Monday, March 19, 2007

Day 23, March 19, 2007

Nehemiah 6:15-19

“…they recognized the work had been accomplished with the help of our God.” (6:16) In many ways, this really is the crux of the Christian life. God has never been interested in just doing a work. If he’d just wanted a son, he’d have chosen an 18 year old male and a 14 year old girl. Instead he makes a promise to a 75 year old man and 65 year old wife, and then they wait 25 years before finally achieving the promise: Isaac is born. Or perhaps he chooses a virgin: Jesus is born. Maybe he chooses the most vicious killer of Christians in the first century to become the spokesperson for Jesus throughout the Roman empire: Paul is born again.

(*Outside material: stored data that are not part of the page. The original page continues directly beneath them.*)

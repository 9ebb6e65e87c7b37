// What is due, who has acknowledged what, and each public call once.
use mail_base::{Key, Name, NodeNo, NodeSet, ObjState, Stamp, Value};
use std::alloc::Global;
use std::test::Fail;
use update_log::{Acked, UpdateLog};

/// The key of this user's profile. The log asks nothing of a state's kind.
fn key(alloc: Global, user: &str) -> Result<Key, Fail> {
    match Name::spelt(alloc, user.as_bytes())? {
        Some(name) => Ok(Key::Profile(name)),
        None => Err(Fail::new("no name")),
    }
}

/// A state of this count for these targets.
fn state(count: u64, targets: u16) -> ObjState {
    ObjState::new(
        Value::Gone,
        Stamp::new(count, 1, 1),
        NodeSet::from_mask(targets),
    )
}

/// The log of node 1: of `ann` nodes 2 and 3 remain, of `bob` node 3, of `cid` node 2 and of `dan` nodes 2 and 3.
fn log_of_four(alloc: Global, own: NodeNo) -> Result<UpdateLog, Fail> {
    let mut log = UpdateLog::new(alloc);
    for (user, targets) in [
        ("dan", 0b111),
        ("bob", 0b101),
        ("cid", 0b011),
        ("ann", 0b110),
    ] {
        log.note(&key(alloc, user)?, &state(1, targets), own)?;
    }
    Ok(log)
}

/// The users of these keys, each with a blank after it.
fn users_of(alloc: Global, keys: &[Key]) -> Result<Vec<u8>, Fail> {
    let mut users = Vec::new(alloc);
    for key in keys {
        users.extend_from_slice(key.user().octets())?;
        users.push(b' ')?;
    }
    Ok(users)
}

#[test]
fn the_first_that_are_due_are_given(rt: HostRuntime) -> Result<(), Fail> {
    let alloc = rt.alloc();
    let (Some(one), Some(two), Some(three), Some(four)) = (
        NodeNo::new(1),
        NodeNo::new(2),
        NodeNo::new(3),
        NodeNo::new(4),
    ) else {
        return Err(Fail::new("no node"));
    };
    let log = log_of_four(alloc, one)?;
    for (to, most, users) in [
        (one, 9, ""),
        (two, 9, "ann cid dan "),
        (two, 2, "ann cid "),
        (two, 0, ""),
        (three, 3, "ann bob dan "),
        (four, 1, ""),
    ] {
        let keys = log.due(alloc, to, most)?;
        assert!(rt;
            users_of(alloc, &keys)?.as_slice() == users.as_bytes(),
            "{users}"
        );
        assert_eq!(rt; log.owes(to), to == two || to == three);
    }
    Ok(())
}

#[test]
fn an_entry_goes_node_by_node(rt: HostRuntime) -> Result<(), Fail> {
    let alloc = rt.alloc();
    let (Some(one), Some(two), Some(three)) = (NodeNo::new(1), NodeNo::new(2), NodeNo::new(3))
    else {
        return Err(Fail::new("no node"));
    };
    let mut log = log_of_four(alloc, one)?;
    let ann = key(alloc, "ann")?;
    for (count, targets, by, wanted, left) in [
        // Another state, a node that is no target, both targets, and one of them once more.
        (2, 0b110, two, Acked::Other, 0b110),
        (1, 0b111, two, Acked::Other, 0b110),
        (1, 0b110, one, Acked::Other, 0b110),
        (1, 0b110, two, Acked::Cleared, 0b100),
        (1, 0b110, two, Acked::Other, 0b100),
        (1, 0b110, three, Acked::Emptied, 0),
    ] {
        assert_eq!(rt; log.acknowledged(&ann, &state(count, targets), by), wanted);
        let remaining = log.entry(&ann).map(|entry| entry.remaining);
        assert_eq!(rt; remaining, Some(NodeSet::from_mask(left)));
    }
    assert!(rt; !log.retire(&ann, &state(2, 0b110)));
    assert!(rt; log.retire(&ann, &state(1, 0b110)));
    assert!(rt; log.entry(&ann).is_none() && !log.retire(&ann, &state(1, 0b110)));
    Ok(())
}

With God it’s never just that He wants to do something – rather, He wants to do something that is explicable only by the reality of His power and involvement in our lives. The trouble is, if we’re always shooting for goals within our reach, always resorting to the strength of our own humanity and what is reasonable, we’ll actually fall short of that to which God is calling us. In Nehemiah’s case, the wall that had been in ruins for years was suddenly rebuilt, completely, in 52 days. Who does that? God.

Who challenges you to give more – and than provides for you as you step out in obedience? God.

Who calls you into ministries that are beyond your comfort zone – and then provides the strength, direction, and wisdom you need to carry out the calling? God

Who leads you into a corner where you cry out to God, and then shepherds you into the open spaces of healing and blessing? God. (see Psalm 107 for ample examples of this)

The tragedy is that many of us will settle for a life lived within the margins of our comfort zones and abilities. In that zone we’ll know neither the great agonies of brokenness and dependency, nor the great victories of God’s abundant provision. Instead, we’ll be stuck in the gray twilight of spiritual boredom, precisely because life was never intended to be lived on composition paper – wholly within the margins.

May you and I so live our lives with the abandon of faith that it will be said of us, and the Bethany Community: “this work has been accomplished with the help of God.”

Ask God to show you areas where you might be holding back from those steps of faith that will lead us into the uncharted waters of vital dependency, and ask God for the grace to follow Him into these new waters. Pray for your church leaders as well, that we will be guided by neither fear or presumption, but simply a willingness to follow Christ – even if He asks us to step out of the boat.